Wednesday, March 10, 2004

Election: Kucinich: the Most Unreported Story of 2004

WASHINGTON – The most underreported story of the 2004 election is the never-give-up, never-give-in campaign of Rep. Dennis Kucinich (D-Ohio) for president. With considerable grassroots support, the Ohio lawmaker has carried his message of world peace, jobs, equality and universal health care across the country. He has done it in the face of a near-total corporate media blackout

Kucinich, campaigning in California, launched the “Other America Tour” from the impoverished Sunnydale public housing complex in San Francisco. “I’m from the other America,” he said, noting that he grew up poor and sometimes homeless in Cleveland, Ohio.

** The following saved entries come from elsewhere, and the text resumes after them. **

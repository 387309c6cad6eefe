//! Messages on channels that are links.

ghost use Rattle.std.specs.Prelude.{◌≡◌, ◌<◌, ◌∷◌, [], IfOk, None, Some, false, true};
ghost use Rattle.tword.specs.Actions.{or_break};
ghost use Rattle.tproc.specs.Machine.{workspace_of};
ghost use Rattle.tproc.specs.LinkChannels.{is_free, link_end, link_message, link_of, offered, ran_link, with_link};
ghost use Rattle.tproc.specs.Agreement.{Agrees, AgreesWith, HasPlace};
ghost use Rattle.tproc.specs.Doing.{DoesLaid};
ghost use Rattle.tproc.specs.Checks.{end_break};
ghost use Rattle.tproc.specs.Requests.{IsRequest, request};
ghost use Rattle.tproc.specs.LinkChannels as spec;

use crate::channels::{Request, Side, lay, may_touch_beside};
use crate::claimed_memory::ClaimedMemory;
use crate::engine::Engine;
use crate::offer::Offer;
use crate::queues::{IPTR_WORD, require, wait};
use crate::ran::Ran;
use crate::state::State;
use crate::waiter::{LinkEnd, Reason};
use tword::limits::MOST_NEG;
use tword::{Break, Word};

/// Whether a channel is a link. Those of the links begin at the lowest address: four outputs, then four inputs.
#[inline]
pub fn is_link(channel: Word) -> bool
    ensures { result ≡ spec.is_link channel }
{
    MOST_NEG <= channel.get() && channel.get() < MOST_NEG + 32
}

/// The link that a channel names.
///
/// # Errors
/// `Unaligned`, or `WrongEnd` for an input on an output's channel or the other way round.
pub fn link_at(side: Side, channel: Word) -> Result<u8, Break>
    requires { spec.is_link channel ≡ true }
    ensures checks { result ≡ or_break (end_break side channel) (link_of side channel) }
    ensures within { IfOk result (λ l. l < 4) }
{
    let index = (channel.get() - MOST_NEG) / 4;
    require(channel.get() % 4 == 0, Break::Unaligned)?;
    match side {
        Side::Output => {
            require(index < 4, Break::WrongEnd)?;
            Ok(index as u8)
        }
        Side::Input => {
            require(4 <= index, Break::WrongEnd)?;
            Ok((index - 4) as u8)
        }
    }
}

/// The offer of a pending output stands at its link.
fn offer_output(state: &mut State, claimed: &mut ClaimedMemory, link: u8, offer: Offer)
    requires link { link < 4 }
    requires agrees { Agrees claimed.old.marks state.old }
    ensures done { state.new ≡ with_link link (record (link_end state.old link) { output = Some offer }) state.old }
    ensures memory { claimed.new.memory ≡ claimed.old.memory }
    ensures agrees { Agrees claimed.new.marks state.new }
{
    claimed.claim_output(link, offer.buffer, offer.length);
    state.set_link(
        link,
        LinkEnd {
            output: Some(offer),
            ..state.link(link)
        },
    );
}

/// The offer of a pending input stands at its link: it ends the enabling of the link, and a byte that waits is no
/// longer noticed.
fn offer_input(state: &mut State, claimed: &mut ClaimedMemory, link: u8, offer: Offer)
    requires link { link < 4 }
    requires agrees { Agrees claimed.old.marks state.old }
    ensures done { state.new ≡ with_link link
        (record (link_end state.old link) { input = Some offer; noticed = false; remembered = None }) state.old }
    ensures memory { claimed.new.memory ≡ claimed.old.memory }
    ensures agrees { Agrees claimed.new.marks state.new }
{
    claimed.claim_input(link, offer.buffer, offer.length);
    state.set_link(
        link,
        LinkEnd {
            input: Some(offer),
            noticed: false,
            remembered: None,
            ..state.link(link)
        },
    );
}

/// A process whose words are saved waits on a link, where its offer stands.
fn wait_on_link(state: &mut State, claimed: &mut ClaimedMemory, q: &Request, link: u8) -> Ran
    requires link { link ≡ link_of (request q.now).side q.now.channel }
    requires within { link < 4 }
    requires place { HasPlace state.old }
    requires agrees { AgreesWith (workspace_of q.now.process ∷ []) claimed.old.marks state.old }
    ensures told { result ≡ ran_link (request q.now).side (link_of (request q.now).side q.now.channel) }
    ensures done { state.new ≡ offered (request q.now) (request q.now).side state.old }
    ensures memory { claimed.new.memory ≡ claimed.old.memory }
    ensures agrees { Agrees claimed.new.marks state.new }
{
    let offer = Offer {
        wdesc: q.process,
        buffer: q.buffer,
        length: q.length,
    };
    match q.side {
        Side::Output => {
            wait(state, claimed, q.process, Reason::LinkOutput(link));
            offer_output(state, claimed, link, offer);
            Ran::LinkOut(link)
        }
        Side::Input => {
            wait(state, claimed, q.process, Reason::LinkInput(link));
            offer_input(state, claimed, link, offer);
            Ran::LinkIn(link)
        }
    }
}

impl Engine {
    /// Whether a half of a link is free for the process that runs.
    pub fn is_free(&self, side: Side, link: u8) -> bool
        requires { link < 4 }
        ensures { result ≡ is_free side (link_end self.now.state link) self.now.state }
    {
        let end = self.state.link(link);
        match side {
            Side::Output => end.output.is_none(),
            Side::Input => {
                end.input.is_none()
                    && match end.remembered {
                        Some(process) => self.runs(process),
                        None => true,
                    }
            }
        }
    }

    /// A message on a link: its process waits until the whole message has gone over.
    #[tactic(auto, using(crate::proofs::Descheduling::own_process, crate::proofs::Agreeing::saved_itself))]
    pub fn link_message(&mut self, q: &Request) -> Result<Ran, Break>
        requires link { spec.is_link q.now.channel ≡ true }
        requires asks { IsRequest q.now self.old }
        ensures { DoesLaid q.now.first (link_message (request q.now) self.old.state) self.old result self.new }
    {
        let own = self.state.wptr();
        let link = link_at(q.side, q.channel)?;
        require(q.length != 0, Break::ZeroLength)?;
        require(self.is_free(q.side, link), Break::LinkBusy)?;
        self.claimed.may_deschedule(own)?;
        may_touch_beside(&self.claimed, own, q)?;
        lay(&mut self.claimed, own, q.first);
        self.claimed.deschedule(own);
        self.claimed
            .set_saved_word(own, IPTR_WORD, self.state.registers().iptr);
        Ok(wait_on_link(&mut self.state, &mut self.claimed, q, link))
    }
}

An impressive 15 percent of Maine voters and 8 percent of Washington state voters came out for Kucinich in the Feb. 10 “mini-Super Tuesday” primaries. He also placed second in Hawaii’s Feb. 24 primary.

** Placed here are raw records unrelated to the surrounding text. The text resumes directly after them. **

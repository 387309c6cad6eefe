//! The priority of a process.

ghost use Rattle.std.specs.Prelude.{◌≡◌, ◌<◌};
ghost use Rattle.tproc.specs.Priorities.{number};

/// The priority of a process. Definitions have a number for it, as a descriptor's lowest bit has.
#[derive(Clone, Copy, Debug, PartialEq, Eq)]
pub enum Priority {
    High,
    Low,
}

impl Priority {
    /// The number of the priority: 0 is high, 1 is low.
    #[inline(always)]
    pub fn number(self) -> u8
        ensures is { result ≡ number self }
        ensures bit { result < 2 }
    {
        match self {
            Priority::High => 0,
            Priority::Low => 1,
        }
    }
}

Sharon Gradischnig, head of the Kucinich campaign in southwest Iowa, is a native Iowan. She told this reporter she was drawn to Kucinich in part because his election could change her own life.

“I pay $637 a month for health insurance so even when I qualify for Medicare, I will need to keep working to provide myself with supplementary health coverage and prescription drugs,” she told the World. “One of Dennis’ billboards up the street says it all: ‘Health care not warfare.’ He is the only candidate advocating universal single-payer health care.”

She said, “This is the voters’ opportunity to tell the nation and the world exactly what kind of nation and world we want. We are a banner for change, for a world that is safe for people here at home and around the world.”